> _What you are asked to do_:
The full set of records is to be reproduced verbatim.

'''

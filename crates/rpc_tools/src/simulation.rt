//! A simulation: a script is read, run over a modelled network, and its history reported.
ghost use Rattle.std.specs.Prelude.{◌≡◌, ℕ, List, Some, Ok};
ghost use Rattle.memory_count.specs.Faults.{HasRisenBy, IsQuiet};
ghost use Rattle.rpc_tools.specs.Outcomes.{RunsBytes, RunsScript, Simulates, Succeeds};
ghost use Rattle.run_status.specs.Words.{lacks};
ghost use Rattle.script_grammar.specs.declared.line.Line.{Line};
ghost use Rattle.script_grammar.specs.Script.{script_of};

use crate::reading::{Input, read_all};
use memory_count::Memory;
use rpc_outside::{Sink, Source};
use rpc_world::World;
use run_status::Status;
use script_grammar::MOST_BYTES;
use sim_script::{BadScript, BadWhy, ReadError, Script, print, read};

fn run_script<K: Sink>(memory: &mut Memory, script: &Script, sink: &mut K) -> Status
    ensures runs { RunsScript result script.now (K.page sink.old) (K.page sink.new) }
    ensures cause { HasRisenBy (lacks result) memory.old memory.new }
{
    let Ok(world) = World::run(memory, script) else {
        return Status::NoMemory;
    };
    match print(world.history(), sink) {
        Ok(()) => Status::Done,
        Err(_) => Status::WriteFault,
    }
}

fn run_bytes<K: Sink>(memory: &mut Memory, bytes: &[u8], sink: &mut K) -> Status
    ensures runs { RunsBytes result bytes.now (K.page sink.old) (K.page sink.new) }
    ensures cause { HasRisenBy (lacks result) memory.old memory.new }
{
    match read(memory, bytes) {
        Ok(script) => run_script(memory, &script, sink),
        Err(ReadError::Bad(bad)) => Status::BadScript(bad),
        Err(ReadError::NoMemory) => Status::NoMemory,
    }
}

/// Reads the source to its end, runs the script and writes the report of its history. It waits for
/// nothing. `NoMemory` comes only where memory was refused.
pub fn sim<S: Source, K: Sink>(memory: &mut Memory, source: &mut S, sink: &mut K) -> Status
    ensures simulates { Simulates result (S.input source.old) (S.input source.new) (K.page sink.old)
        (K.page sink.new) }
    ensures headline { (bytes : List ℕ) (script : List Line)
        → (S.input source.old).left ≡ Some bytes → script_of bytes ≡ Ok script
        → IsQuiet (S.input source.old).faults (S.input source.new).faults
        → IsQuiet (K.page sink.old).faults (K.page sink.new).faults
        → IsQuiet memory.old memory.new
        → Succeeds script result (S.input source.new) (K.page sink.old) (K.page sink.new) }
    ensures cause { HasRisenBy (lacks result) memory.old memory.new }
{
    match read_all(memory, source, MOST_BYTES) {
        Input::Whole(bytes) => run_bytes(memory, bytes.bytes(), sink),
        Input::TooLong => Status::BadScript(BadScript {
            line: 0,
            why: BadWhy::TooLong,
        }),
        Input::Fault => Status::ReadFault,
        Input::Memory => Status::NoMemory,
    }
}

'''

> _Task output_:
filename crates/rpc_tools/src/simulation.rt
//! A simulation: a script is read, run over a modelled network, and its history reported.
ghost use Rattle.std.specs.Prelude.{◌≡◌, ℕ, List, Some, Ok};
ghost use Rattle.memory_count.specs.Faults.{HasRisenBy, IsQuiet};
ghost use Rattle.rpc_tools.specs.Outcomes.{RunsBytes, RunsScript, Simulates, Succeeds};
ghost use Rattle.run_status.specs.Words.{lacks};
ghost use Rattle.script_grammar.specs.declared.line.Line.{Line};
ghost use Rattle.script_grammar.specs.Script.{script_of};

use crate::reading::{Input, read_all};
use memory_count::Memory;
use rpc_outside::{Sink, Source};
use rpc_world::World;
use run_status::Status;
use script_grammar::MOST_BYTES;
use sim_script::{BadScript, BadWhy, ReadError, Script, print, read};

fn run_script<K: Sink>(memory: &mut Memory, script: &Script, sink: &mut K) -> Status
    ensures runs { RunsScript result script.now (K.page sink.old) (K.page sink.new) }
    ensures cause { HasRisenBy (lacks result) memory.old memory.new }
{
    let Ok(world) = World::run(memory, script) else {
        return Status::NoMemory;
    };
    match print(world.history(), sink) {
        Ok(()) => Status::Done,
        Err(_) => Status::WriteFault,
    }
}

fn run_bytes<K: Sink>(memory: &mut Memory, bytes: &[u8], sink: &mut K) -> Status
    ensures runs { RunsBytes result bytes.now (K.page sink.old) (K.page sink.new) }
    ensures cause { HasRisenBy (lacks result) memory.old memory.new }
{
    match read(memory, bytes) {
        Ok(script) => run_script(memory, &script, sink),
        Err(ReadError::Bad(bad)) => Status::BadScript(bad),
        Err(ReadError::NoMemory) => Status::NoMemory,
    }
}

/// Reads the source to its end, runs the script and writes the report of its history. It waits for
/// nothing. `NoMemory` comes only where memory was refused.
pub fn sim<S: Source, K: Sink>(memory: &mut Memory, source: &mut S, sink: &mut K) -> Status
    ensures simulates { Simulates result (S.input source.old) (S.input source.new) (K.page sink.old)
        (K.page sink.new) }
    ensures headline { (bytes : List ℕ) (script : List Line)
        → (S.input source.old).left ≡ Some bytes → script_of bytes ≡ Ok script
        → IsQuiet (S.input source.old).faults (S.input source.new).faults
        → IsQuiet (K.page sink.old).faults (K.page sink.new).faults
        → IsQuiet memory.old memory.new
        → Succeeds script result (S.input source.new) (K.page sink.old) (K.page sink.new) }
    ensures cause { HasRisenBy (lacks result) memory.old memory.new }
{
    match read_all(memory, source, MOST_BYTES) {
        Input::Whole(bytes) => run_bytes(memory, bytes.bytes(), sink),
        Input::TooLong => Status::BadScript(BadScript {
            line: 0,
            why: BadWhy::TooLong,
        }),
        Input::Fault => Status::ReadFault,
        Input::Memory => Status::NoMemory,
    }
}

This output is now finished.